The problem: Set down exactly, from the records below, the line with "pub enum Settled" through the line with "lines close it.", and nothing else.

Saved entries
+ + + + + + +
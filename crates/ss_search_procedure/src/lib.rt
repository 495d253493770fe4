//! The procedure after the search: it decides of a ground form within the splits, or says that they are too few. It begins with choices, premises,
//! the denied goal and instances of rules.
#![tactic(auto)]

mod beginning;
mod choosing;
mod nested;
mod powers;
mod setting;
mod settling;
mod starting;
mod stating;
mod total;
mod trials;

pub use beginning::{Begun, start};
pub use choosing::{Chosen, chosen_formulas};
pub use settling::Settled;
pub use starting::{Unsettled, settle_by};
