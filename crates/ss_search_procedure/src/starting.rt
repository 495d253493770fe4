// The ground form of an obligation is reached, and then settled.

ghost use Rattle.std.specs.Prelude.{◌≡◌, ◌+◌, ◌<◌, ◌≤◌, ◌^◌, List, length, map, false, Some, slice_get, IfOk, OnOk};
ghost use Rattle.ss_core.specs.Tree.{ClassTree};
ghost use Rattle.ss_core.specs.View as view;
ghost use Rattle.ss_logic.specs.Formulas.{Formula};
ghost use Rattle.ss_logic_means.specs.Steps.{Derives};
ghost use Rattle.ss_logic_countermodels.specs.Refuting.{IsCountermodel, told};
ghost use Rattle.ss_logic_means.specs.Origins.{chosen_by};
ghost use Rattle.ss_terms.specs.Forms.{formula_at, formulas_at, HasFormula, HasFormulas, IsGrown, IsBankOf};
ghost use Rattle.ss_deriv.specs.Lines.{lines_of};
ghost use Rattle.ss_rules_opened.specs.Choices.{choices_at};
ghost use Rattle.ss_search_path.specs.Paths.{IsSame};
ghost use Rattle.ss_search_procedure_rules.specs.Closed.{AreEnough};
ghost use Rattle.ss_search_path.specs.Standing.{body_of, choices_in, Stands, AreStanding};
ghost use Rattle.ss_search_procedure.specs.Starting.{IsGround};
ghost use Rattle.ss_search_reaching.specs.Reaching.{facts_of, Shows};
ghost use Rattle.ss_search_procedure.specs.declared.settling.Settled.TheVariants as settled;
ghost use Rattle.ss_search_procedure.specs.Decisions.{bank_of, settled_ones, IsSetting, IsState, HasLed};
ghost use Rattle.ss_search_procedure.specs.Answers.{IfCountered, IfClosed};
ghost use Rattle.ss_search_procedure.specs.Ground.{IsGroundOf, AreFirst};

use crate::powers::is_within;
use crate::setting::Settling;
use crate::settling::Settled;
use crate::{Begun, Chosen, chosen_formulas, start};
use ss_core::Classes;
use ss_rules::Grounded;
use ss_search_path::{Given, Standing};
use ss_search_reaching::Reaching;
use ss_terms::{Bank, FormulaId, Obligation};
use std::alloc::{AllocError, Global};

/// The ground form of an obligation, and its decisions: its atoms and quantified formulas.
#[derive(Clone, Copy)]
pub struct Unsettled<'a> {
    pub grounded: &'a Grounded,
    pub decisions: &'a [FormulaId],
}

impl Settling<'_> {
    // The next formula is reached too, where it wasn't before.
    fn reach_next(
        &self,
        reaching: &mut Reaching,
        k: usize,
        standing: Standing,
    ) -> Result<(), AllocError>
        requires setting { IsSetting self.now }
        requires next { k < length self.now.formulas.now }
        requires first { AreFirst self.now k reaching.old }
        ensures first { OnOk result (AreFirst self.now (k + 1) reaching.new) }
        ensures path { OnOk result (IsSame reaching.old.path reaching.new.path) }
        ensures shown { OnOk result ((cs : List ClassTree) (f : Formula) → slice_get (settled_ones self.now) k ≡ Some f → Shows cs self.now.given reaching.old → Stands cs self.now.given (facts_of self.now.given reaching.old) standing f → Shows cs self.now.given reaching.new) }
    {
        let f = self.formulas[k];
        if reaching.reached.knows(self.given.bank, f) {
            return Ok(());
        }
        reaching.enter(&self.given, f, standing)
    }

    // The formulas are reached, where nothing was before.
    fn reach_all(&self, reaching: &mut Reaching, standings: &[Standing]) -> Result<(), AllocError>
        requires setting { IsSetting self.now }
        requires count { length standings.now ≡ length self.now.formulas.now }
        requires first { AreFirst self.now 0 reaching.old }
        ensures state { OnOk result (IsState self.now reaching.new) }
        ensures path { OnOk result (IsSame reaching.old.path reaching.new.path) }
        ensures shown { OnOk result ((cs : List ClassTree) → Shows cs self.now.given reaching.old → AreStanding cs self.now.given (facts_of self.now.given reaching.old) (settled_ones self.now) standings.now → Shows cs self.now.given reaching.new) }
    {
        for k in 0..self.formulas.len() {
            self.reach_next(reaching, k, standings[k])?;
        }
        Ok(())
    }

    // The formulas are reached at the end of a path that makes known what they come from.
    fn begin(
        &self,
        chosen: &[FormulaId],
        obligation: &Obligation<'_>,
    ) -> Result<Reaching, AllocError>
        requires setting { IsSetting self.now }
        requires chosen { formulas_at (bank_of self.now) chosen.now ≡ map chosen_by (choices_in self.now.given) }
        requires goal { HasFormula (bank_of self.now) obligation.now.goal }
        requires count { length self.now.given.origins.now ≡ length self.now.formulas.now }
        ensures state { IfOk result (IsState self.now) }
        ensures led { IfOk result (λ r. (cs : List ClassTree) → IsBankOf cs (bank_of self.now) → IsGround cs (formulas_at (bank_of self.now) obligation.now.premises.now) (formula_at (bank_of self.now) obligation.now.goal) self.now.given (settled_ones self.now) → HasLed cs (formulas_at (bank_of self.now) obligation.now.premises.now) (formula_at (bank_of self.now) obligation.now.goal) self.now r) }
    {
        let Obligation { premises, goal, .. } = *obligation;
        let begun = start(&self.given, chosen, premises, goal, self.formulas)?;
        let Begun { path, standings } = begun;
        let mut reaching = Reaching::new(&self.given, path)?;
        self.reach_all(&mut reaching, &standings)?;
        Ok(reaching)
    }

    // Whether all splits of the decisions are allowed.
    fn are_few(&self, splits: u64) -> bool
        ensures some { result ≡ false → 0 < length self.now.decisions.now }
        ensures many { result ≡ false → 2 ^ length self.now.decisions.now ≤ splits → ⊥ }
    {
        self.decisions.is_empty() || is_within(2, self.decisions.len(), splits)
    }

    // Decides of the formulas, as the ground form of an obligation.
    fn settle(
        &self,
        chosen: &[FormulaId],
        obligation: &Obligation<'_>,
        splits: u64,
    ) -> Result<Settled, AllocError>
        requires setting { IsSetting self.now }
        requires chosen { formulas_at (bank_of self.now) chosen.now ≡ map chosen_by (choices_in self.now.given) }
        requires goal { HasFormula (bank_of self.now) obligation.now.goal }
        requires grounded { (cs : List ClassTree) × IsBankOf cs (bank_of self.now) × IsGround cs (formulas_at (bank_of self.now) obligation.now.premises.now) (formula_at (bank_of self.now) obligation.now.goal) self.now.given (settled_ones self.now) }
        ensures closed { (cs : List ClassTree) → IsBankOf cs (bank_of self.now) → IsGround cs (formulas_at (bank_of self.now) obligation.now.premises.now) (formula_at (bank_of self.now) obligation.now.goal) self.now.given (settled_ones self.now) → IfOk result (IfClosed (λ d. Derives cs (formulas_at (bank_of self.now) obligation.now.premises.now) (formula_at (bank_of self.now) obligation.now.goal) (lines_of (bank_of self.now) d))) }
        ensures countered { (cs : List ClassTree) → IsBankOf cs (bank_of self.now) → IfOk result (IfCountered (IsCountermodel cs (settled_ones self.now))) }
        ensures spent { (cs : List ClassTree) → IsBankOf cs (bank_of self.now) → IfOk result (λ s. s ≡ settled.Spent → AreEnough cs (settled_ones self.now) splits → ⊥) }
    {
        let reaching = self.begin(chosen, obligation)?;
        if self.are_few(splits) {
            self.settle_by_all(reaching)
        } else {
            self.settle_nested(reaching, splits)
        }
    }
}

// Decides of the ground form of an obligation, where what the choices make known is in the bank.
fn settle_over<'g>(
    alloc: Global,
    bank: &'g Bank,
    obligation: &Obligation<'_>,
    unsettled: &Unsettled<'g>,
    said: &'g Chosen,
    splits: u64,
) -> Result<Settled, AllocError>
    requires goal { HasFormula bank.now obligation.now.goal }
    requires grounded { (cs : List ClassTree) × IsBankOf cs bank.now × IsGroundOf cs (formulas_at bank.now obligation.now.premises.now) (formula_at bank.now obligation.now.goal) bank.now unsettled.now.grounded.now }
    requires formulas { formulas_at bank.now said.now.formulas.items ≡ map chosen_by (choices_at bank.now unsettled.now.grounded.now.choices.items) }
    requires bodies { formulas_at bank.now said.now.bodies.items ≡ map body_of (choices_at bank.now unsettled.now.grounded.now.choices.items) }
    requires in_bank { HasFormulas bank.now unsettled.now.decisions.now }
    requires decisions { formulas_at bank.now unsettled.now.decisions.now ≡ told (formulas_at bank.now unsettled.now.grounded.now.formulas.items) }
    ensures closed { (cs : List ClassTree) → IsBankOf cs bank.now → IsGroundOf cs (formulas_at bank.now obligation.now.premises.now) (formula_at bank.now obligation.now.goal) bank.now unsettled.now.grounded.now → IfOk result (IfClosed (λ d. Derives cs (formulas_at bank.now obligation.now.premises.now) (formula_at bank.now obligation.now.goal) (lines_of bank.now d))) }
    ensures countered { (cs : List ClassTree) → IsBankOf cs bank.now → IfOk result (IfCountered (IsCountermodel cs (formulas_at bank.now unsettled.now.grounded.now.formulas.items))) }
    ensures spent { (cs : List ClassTree) → IsBankOf cs bank.now → IfOk result (λ s. s ≡ settled.Spent → AreEnough cs (formulas_at bank.now unsettled.now.grounded.now.formulas.items) splits → ⊥) }
{
    let given = Given {
        alloc,
        bank,
        choices: &unsettled.grounded.choices,
        bodies: &said.bodies,
        origins: &unsettled.grounded.origins,
    };
    let settling = Settling {
        given,
        formulas: &unsettled.grounded.formulas,
        decisions: unsettled.decisions,
    };
    settling.settle(&said.formulas, obligation, splits)
}

/// Decides of the ground form of an obligation. As many splits of its decisions are taken as are needed, where so many are allowed. An
/// error is want of memory; what the bank had before stays.
pub fn settle_by(
    alloc: Global,
    bank: &mut Bank,
    classes: &Classes,
    obligation: &Obligation<'_>,
    unsettled: &Unsettled<'_>,
    splits: u64,
) -> Result<Settled, AllocError>
    requires bank { IsBankOf (view.classes classes.now) bank.old }
    requires premises { HasFormulas bank.old obligation.now.premises.now }
    requires goal { HasFormula bank.old obligation.now.goal }
    requires grounded { IsGroundOf (view.classes classes.now) (formulas_at bank.old obligation.now.premises.now) (formula_at bank.old obligation.now.goal) bank.old unsettled.now.grounded.now }
    requires in_bank { HasFormulas bank.old unsettled.now.decisions.now }
    requires decisions { formulas_at bank.old unsettled.now.decisions.now ≡ told (formulas_at bank.old unsettled.now.grounded.now.formulas.items) }
    ensures closed { (cs : List ClassTree) → IsBankOf cs bank.old → IsGroundOf cs (formulas_at bank.old obligation.now.premises.now) (formula_at bank.old obligation.now.goal) bank.old unsettled.now.grounded.now → IfOk result (IfClosed (λ d. Derives cs (formulas_at bank.old obligation.now.premises.now) (formula_at bank.old obligation.now.goal) (lines_of bank.new d))) }
    ensures countered { (cs : List ClassTree) → IsBankOf cs bank.old → IfOk result (IfCountered (IsCountermodel cs (formulas_at bank.old unsettled.now.grounded.now.formulas.items))) }
    ensures spent { (cs : List ClassTree) → IsBankOf cs bank.old → IfOk result (λ s. s ≡ settled.Spent → AreEnough cs (formulas_at bank.old unsettled.now.grounded.now.formulas.items) splits → ⊥) }
    ensures grown { IsGrown bank.old bank.new }
{
    let said = chosen_formulas(alloc, bank, classes, &unsettled.grounded.choices)?;
    let unsettled = Unsettled {
        grounded: &*unsettled.grounded,
        decisions: &*unsettled.decisions,
    };
    settle_over(alloc, bank, obligation, &unsettled, &said, splits)
}
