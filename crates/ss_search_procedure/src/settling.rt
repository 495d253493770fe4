// What is found of a ground form.

ghost use Rattle.std.specs.Prelude.{◌≡◌, [], ℕ, ◌≤◌, ◌<◌, ◌*◌, ◌^◌, List, length, IfOk};
ghost use Rattle.ss_core.specs.Tree.{ClassTree};
ghost use Rattle.ss_logic.specs.Formulas.{Formula};
ghost use Rattle.ss_logic_means.specs.Steps.{Derives};
ghost use Rattle.ss_logic_countermodels.specs.Refuting.{IsCountermodel};
ghost use Rattle.ss_terms.specs.Forms.{IsBankOf};
ghost use Rattle.ss_deriv.specs.Lines.{lines_of};
ghost use Rattle.ss_search_clashes.specs.Closing.{Closes};
ghost use Rattle.ss_search_path.specs.Paths.{IsPath};
ghost use Rattle.ss_search_procedure_rules.specs.Closed.{AreEnough};
ghost use Rattle.ss_search_reaching.specs.Reaching.{facts_of};
ghost use Rattle.ss_search_procedure.specs.declared.settling.Settled.TheVariants as settled;
ghost use Rattle.ss_search_procedure.specs.Decisions.{bank_of, settled_ones, IsSetting, IsState, HasLed};
ghost use Rattle.ss_search_procedure.specs.Answers.{IfCountered, IfClosed};

use crate::powers::greatest_depth;
use crate::setting::Settling;
use crate::total::Decided;
use ss_deriv::{Derivation, Line};
use ss_logic_countermodels::Countermodel;
use ss_search_reaching::Reaching;
use std::alloc::AllocError;

/// What was found of a ground form.
#[derive(Drop)]
pub enum Settled {
    /// It is closed, as this derivation shows.
    Closed(Derivation),
    /// This model refutes it.
    Countered(Countermodel),
    /// The splits aren't enough.
    Spent,
}

impl Settling<'_> {
    // The derivation that the path is, where these lines close it.
    fn finish(&self, reaching: Reaching, lines: Vec<Line>) -> Result<Settled, AllocError>
        requires { (cs : List ClassTree) × (premises : List Formula) × (goal : Formula) × IsPath cs premises goal (bank_of self.now) [] reaching.path × Closes cs premises goal (facts_of self.now.given reaching) (lines_of (bank_of self.now) lines.items) }
        ensures closed { (cs : List ClassTree) (premises : List Formula) (goal : Formula) → IsPath cs premises goal (bank_of self.now) [] reaching.path → Closes cs premises goal (facts_of self.now.given reaching) (lines_of (bank_of self.now) lines.items) → IfOk result (IfClosed (λ d. Derives cs premises goal (lines_of (bank_of self.now) d))) }
        ensures countered { IfOk result (IfCountered (λ m. ⊥)) }
        ensures settled { IfOk result (λ s. s ≡ settled.Spent → ⊥) }
    {
        let Reaching { path, .. } = reaching;
        match path.finish(self.given.alloc, lines)? {
            Some(derivation) => Ok(Settled::Closed(derivation)),
            None => Ok(Settled::Spent),
        }
    }

    // All splits of the decisions.
    pub(crate) fn settle_by_all(&self, mut reaching: Reaching) -> Result<Settled, AllocError>
        requires setting { IsSetting self.now }
        requires state { IsState self.now reaching }
        requires led { (cs : List ClassTree) × (premises : List Formula) × (goal : Formula) × HasLed cs premises goal self.now reaching }
        ensures closed { (cs : List ClassTree) (premises : List Formula) (goal : Formula) → HasLed cs premises goal self.now reaching → IfOk result (IfClosed (λ d. Derives cs premises goal (lines_of (bank_of self.now) d))) }
        ensures countered { (cs : List ClassTree) → IsBankOf cs (bank_of self.now) → IfOk result (IfCountered (IsCountermodel cs (settled_ones self.now))) }
        ensures settled { IfOk result (λ s. s ≡ settled.Spent → ⊥) }
    {
        match self.decide(&mut reaching, 0)? {
            Decided::Model(model) => Ok(Settled::Countered(model)),
            Decided::Closed(lines) => self.finish(reaching, lines),
        }
    }

    // The greatest depth of nested splits that is allowed.
    fn depth(&self, limit: u64) -> usize
        requires { 0 < length self.now.decisions.now }
        ensures { (depth : ℕ) → (2 * length self.now.decisions.now) ^ (2 * depth) ≤ limit → depth ≤ result }
    {
        greatest_depth(2 * self.decisions.len() as u64, limit)
    }

    // Nested splits of decisions that are too many to try all.
    pub(crate) fn settle_nested(
        &self,
        mut reaching: Reaching,
        limit: u64,
    ) -> Result<Settled, AllocError>
        requires setting { IsSetting self.now }
        requires state { IsState self.now reaching }
        requires led { (cs : List ClassTree) × (premises : List Formula) × (goal : Formula) × HasLed cs premises goal self.now reaching }
        requires some { 0 < length self.now.decisions.now }
        requires many { 2 ^ length self.now.decisions.now ≤ limit → ⊥ }
        ensures closed { (cs : List ClassTree) (premises : List Formula) (goal : Formula) → HasLed cs premises goal self.now reaching → IfOk result (IfClosed (λ d. Derives cs premises goal (lines_of (bank_of self.now) d))) }
        ensures countered { IfOk result (IfCountered (λ m. ⊥)) }
        ensures spent { (cs : List ClassTree) → IsBankOf cs (bank_of self.now) → IfOk result (λ s. s ≡ settled.Spent → AreEnough cs (settled_ones self.now) limit → ⊥) }
    {
        let depth = self.depth(limit);
        match self.lower(&mut reaching, depth)? {
            Some(lines) => self.finish(reaching, lines),
            None => Ok(Settled::Spent),
        }
    }
}
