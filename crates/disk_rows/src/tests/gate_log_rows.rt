//! Gate logs over files in memory.

use gate_log::{FramesFault, GateLog};
use std::alloc::Global;
use std::test::Fail;
use udt_disk::{Disk, DiskFile, Failed, FileName, MemDisk, MemFile};

const LOG: FileName = FileName::Log(1);

/// A log of the frames `ab`, `c` and `ddd`.
const THREE: &[u8] = b"\xA5\x02\0\0\0ab\xA5\x01\0\0\0c\xA5\x03\0\0\0ddd\x5A";

/// What reading these bytes as a log gives: how many frames, or the offset of the bad one and how many stand before it.
#[derive(Clone, Copy, Debug, PartialEq, Eq)]
enum Reading {
    Frames(usize),
    Bad(u64, usize),
}

fn log_file(disk: &mut MemDisk, bytes: &[u8]) -> Result<MemFile, Failed> {
    let mut file = disk.create(LOG)?;
    file.write_at(0, bytes)?;
    Ok(file)
}

fn reading_of(fault: FramesFault) -> Result<Reading, Failed> {
    match fault {
        FramesFault::BadFrame { at, before } => Ok(Reading::Bad(at, before.len())),
        FramesFault::DiskFault | FramesFault::NoMemory => Err(Failed),
    }
}

fn read(alloc: Global, file: MemFile) -> Result<Reading, Failed> {
    match GateLog::of(alloc, file) {
        Ok((log, frames)) => {
            let _file = log.into_file();
            Ok(Reading::Frames(frames.len()))
        }
        Err((_, fault)) => reading_of(fault),
    }
}

fn read_bytes(alloc: Global, bytes: &[u8]) -> Result<Reading, Failed> {
    let Ok(mut disk) = MemDisk::new(alloc, Vec::new(alloc)) else {
        return Err(Failed);
    };
    let file = log_file(&mut disk, bytes)?;
    read(alloc, file)
}

#[test]
fn a_frame_has_a_gate_a_length_and_a_body(rt: HostRuntime) -> Result<(), Fail> {
    let alloc = rt.alloc();
    let mut disk = MemDisk::new(alloc, Vec::new(alloc))?;
    let file = disk.create(LOG)?;
    let Ok(mut log) = GateLog::create(alloc, file) else {
        return Err("no new log".into());
    };
    assert!(rt; log.reserve(2).is_ok());
    assert_eq!(rt; log.append(b"ab"), Ok(()));
    disk.retire(log.into_file());
    assert!(rt; disk.contents(LOG) == Some(b"\xA5\x02\0\0\0ab\x5A".as_slice()));
    Ok(())
}

#[test]
fn a_cut_log_is_bad_at_its_last_frame(rt: HostRuntime) {
    for len in 0..THREE.len() {
        let want = match len {
            0..8 => Reading::Bad(0, 0),
            8..14 => Reading::Bad(7, 1),
            _ => Reading::Bad(13, 2),
        };
        let read = read_bytes(rt.alloc(), &THREE[..len]);
        assert_eq!(rt; read, Ok(want), "{len} bytes");
    }
    assert_eq!(rt; read_bytes(rt.alloc(), THREE), Ok(Reading::Frames(3)));
}

#[test]
fn what_stands_behind_a_closed_gate_does_not_count(rt: HostRuntime) {
    for (bytes, frames) in [
        (b"\x5A".as_slice(), 0),
        (b"\x5A\xA5\x01\0\0\0c\xA5", 0),
        (b"\0\xA5", 0),
        (b"\xA5\x01\0\0\0c\x5A\xA5\xA5", 1),
        (b"\xA5\x01\0\0\0c\xA4\xFF\xFF\xFF\xFF", 1),
    ] {
        let read = read_bytes(rt.alloc(), bytes);
        assert_eq!(rt; read, Ok(Reading::Frames(frames)), "{bytes:?}");
    }
}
+ + + + + + +
Solution below:
pub enum Settled {
    /// It is closed, as this derivation shows.
    Closed(Derivation),
    /// This model refutes it.
    Countered(Countermodel),
    /// The splits aren't enough.
    Spent,
}

impl Settling<'_> {
    // The derivation that the path is, where these lines close it.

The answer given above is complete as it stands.